Hoy soplaba el aire desde el este, como si el sol lo
estuviera empujando mientras asomaba sus pestañas por las cumbres de Sierra
Cazorla. La bandera de Úbeda ondeaba hacia el oeste con cadencia andaluza y en
el cielo, rotas por una fuerza vaporosa, unas nubes esponjosas se arremolinaban
como si estuvieran esquilando a la mañana.
Son pequeñas recompensas que obtenemos aquellos que
descubrimos el paso de la noche al día cada despertar.

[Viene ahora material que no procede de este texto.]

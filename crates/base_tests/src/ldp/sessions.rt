//! Sessions in their states, and what happens to them, in octets that were worked out by hand.

use crate::hex::octets_of;
use crate::rows::{About, reads_as};
use crate::steps::{event_of, number_of};
use crate::words::{holds, is_told};
use ldp_codec::{DecodeFault, decode_pdu};
use ldp_grammar::{LdpId, Message, Pdu};
use net_base::{Addr, Reason};
use session_core::{In, Peers, Replies, Session};
use std::alloc::Global;
use std::process::Abort;

// The end with the smaller address, which is the passive one.
const PASSIVE: Peers = Peers {
    me: Addr([10, 0, 0, 1]),
    peer: Addr([10, 0, 0, 2]),
    keepalive: 180,
    max_pdu: 4096,
};

// The other end of the same session.
const ACTIVE: Peers = Peers {
    me: Addr([10, 0, 0, 2]),
    peer: Addr([10, 0, 0, 1]),
    keepalive: 60,
    max_pdu: 1500,
};

// The passive end, whose peer proposed its KeepAlive Time.
fn accepted() -> Session {
    let params = ACTIVE.proposal();
    let message = Message::Initialization { id: 7, params };
    Session::Initialized(In::new(PASSIVE))
        .on_message(&message)
        .0
}

// A new session in the state that the first letter of its name tells. `opened` is a connection of the passive end, `early`
// that of the active one before it sent anything, and `started` with its Initialization; `accepted` is the passive end, whose
// peer proposed the KeepAlive Time 60, and `up` the same with its session up. Behind other letters it is the session itself.
fn session_of(session: Session, letter: u8) -> Session {
    match letter {
        b'o' => Session::Initialized(In::new(PASSIVE)),
        b'e' => Session::Initialized(In::new(ACTIVE)),
        b's' => Session::Initialized(In::new(ACTIVE)).start().0,
        b'a' => accepted(),
        b'u' => accepted().on_message(&Message::KeepAlive { id: 8 }).0,
        _ => session,
    }
}

// A PDU comes: its sender, and where nothing comes of that, its message.
fn hear(session: Session, pdu: &Pdu) -> (Session, Replies) {
    let (session, replies) = session.heard(pdu.id);
    match pdu.messages.get(0) {
        Some(message) if replies.is_empty() => session.on_message(message),
        _ => (session, replies),
    }
}

// Octets come: a PDU with one message, or what is no PDU.
fn read(rt: &impl Abort, alloc: Global, session: Session, octets: &[u8]) -> (Session, Replies) {
    match decode_pdu(alloc, octets, 4096) {
        Ok(pdu) => hear(session, &pdu),
        Err(fault) => {
            holds(rt, fault != DecodeFault::NoMemory, "memory");
            session.refused(fault)
        }
    }
}
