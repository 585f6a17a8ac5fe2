//! The tag of a circuit (IEEE 802.1Q clause 9).

/// The Tag Protocol Identifier of a customer VLAN tag (IEEE 802.1Q clause 9.5).
pub const TAG_PROTOCOL: u16 = 0x8100;
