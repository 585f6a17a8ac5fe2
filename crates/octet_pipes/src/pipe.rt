//! A pipe of octets.
ghost use Rattle.std.specs.Prelude.{◌≡◌, ◌++◌, [], length, take, drop, OnOk, OnErr};

use net_base::NoMemory;
use std::alloc::Global;
use std::marker::Model;

/// The octets that an edge put towards another one and that are not delivered yet, in order. Contracts see the list of
/// them. The octets before `start` are delivered; they go when they are more than half of what lies there, so that
/// deliveries move at most as many octets as they deliver, and never more lie there than twice those in the pipe.
#[derive(Drop)]
pub struct Pipe {
    octets: Vec<u8>,
    start: usize,
}

impl Model for Pipe {
    ghost use Rattle.std.specs.Prelude.{ℕ, List, drop, ◌≤◌, ◌+◌, length};

    ghost Value = { List ℕ };

    ghost view = { λ p. drop p.start p.octets.items };

    ghost invariant = { λ p. p.start + p.start ≤ length p.octets.items };
}

impl Pipe {
    /// An empty pipe. It takes no memory until octets are put.
    pub fn new(alloc: Global) -> Pipe
        ensures { result ≡ [] }
    {
        Pipe {
            octets: Vec::new(alloc),
            start: 0,
        }
    }

    /// How many octets are in the pipe.
    pub fn len(&self) -> usize
        ensures { result ≡ length self.now }
    {
        self.octets.len() - self.start
    }

    /// Puts octets at the end. After `NoMemory` the pipe is as it was.
    pub fn put(&mut self, piece: &[u8]) -> Result<(), NoMemory>
        ensures ok { OnOk result (self.new ≡ self.old ++ piece.now) }
        ensures err { OnErr result (self.new ≡ self.old) }
    {
        self.octets.extend_from_slice(piece)?;
        Ok(())
    }

    /// The first `count` octets, or all where there are fewer.
    pub fn front(&self, count: usize) -> &[u8]
        ensures { result.now ≡ take count self.now }
    {
        let (_, rest) = self.octets.as_slice().split_at(self.start);
        let (first, _) = rest.split_at(count.min(rest.len()));
        first
    }

    /// Gives up the first `count` octets, or all where there are fewer.
    pub fn skip(&mut self, count: usize)
        ensures { self.new ≡ drop count self.old }
    {
        self.start += count.min(self.octets.len() - self.start);
        if self.start > self.octets.len() / 2 {
            let left = self.octets.len() - self.start;
            self.octets.rotate_left(self.start);
            self.octets.truncate(left);
            self.start = 0;
        }
    }

    /// Empties the pipe.
    pub fn clear(&mut self)
        ensures { self.new ≡ [] }
    {
        self.octets.clear();
        self.start = 0;
    }
}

Hoy las calles desiertas de la ciudad estaban perfumadas de
otra manera. Olían a sal y arena, y entre el tímido canto de los vencejos iba y
venía el rumor de la olas rompiendo en la fresca orilla que ha vuelto a ser
marcada con las huellas de aquellos que la echaban de menos. Hoy había menos
persianas bajadas, menos camas vacías y más ubetenses en sus hogares. Se oía
aún el eco de los besos que llevaban tanto tiempo sin darse; de las chimeneas
brotaba el calor de los abrazos tanto tiempo deseados, el calor del verdadero
hogar.
Despertaba hoy un lunes distinto después de tanto tiempo, un
lunes cuasi perfecto, con las fronteras del tiempo a medio abrir.
Porque aunque las costumbres vayan cogiendo su silla y la
normalidad vaya haciéndose un hueco en nuestros amaneceres, en Úbeda solo se
abrirán absolutamente las fronteras del espacio y del tiempo cuando la noche se
convierta en día en los ojos de los ubetenses apostados frente a la Puerta de
la Consolada en la mañana de un Viernes Santo que ya se acerca. Úbeda tiene que
venir levitando entre caminos de olivos, tras el tránsito nocturno de camino
hacia el Gavellar. A Úbeda le falta despertarse aterida por el relente húmedo
del arroyo y arrancarse el rocío subiendo hacia la aldea con una Virgen pequeña
y hermosa sobre los hombros. Porque Úbeda aún no es. Solo será cuando vuelva a
regresarse desde dentro de un claustro preñado de Jesús; solo será cuando vuelva
a regresarse desde la primavera apostada en el pequeño manto que mayo le teje a
María. Así ha sido siempre y ese siempre aún nos falta.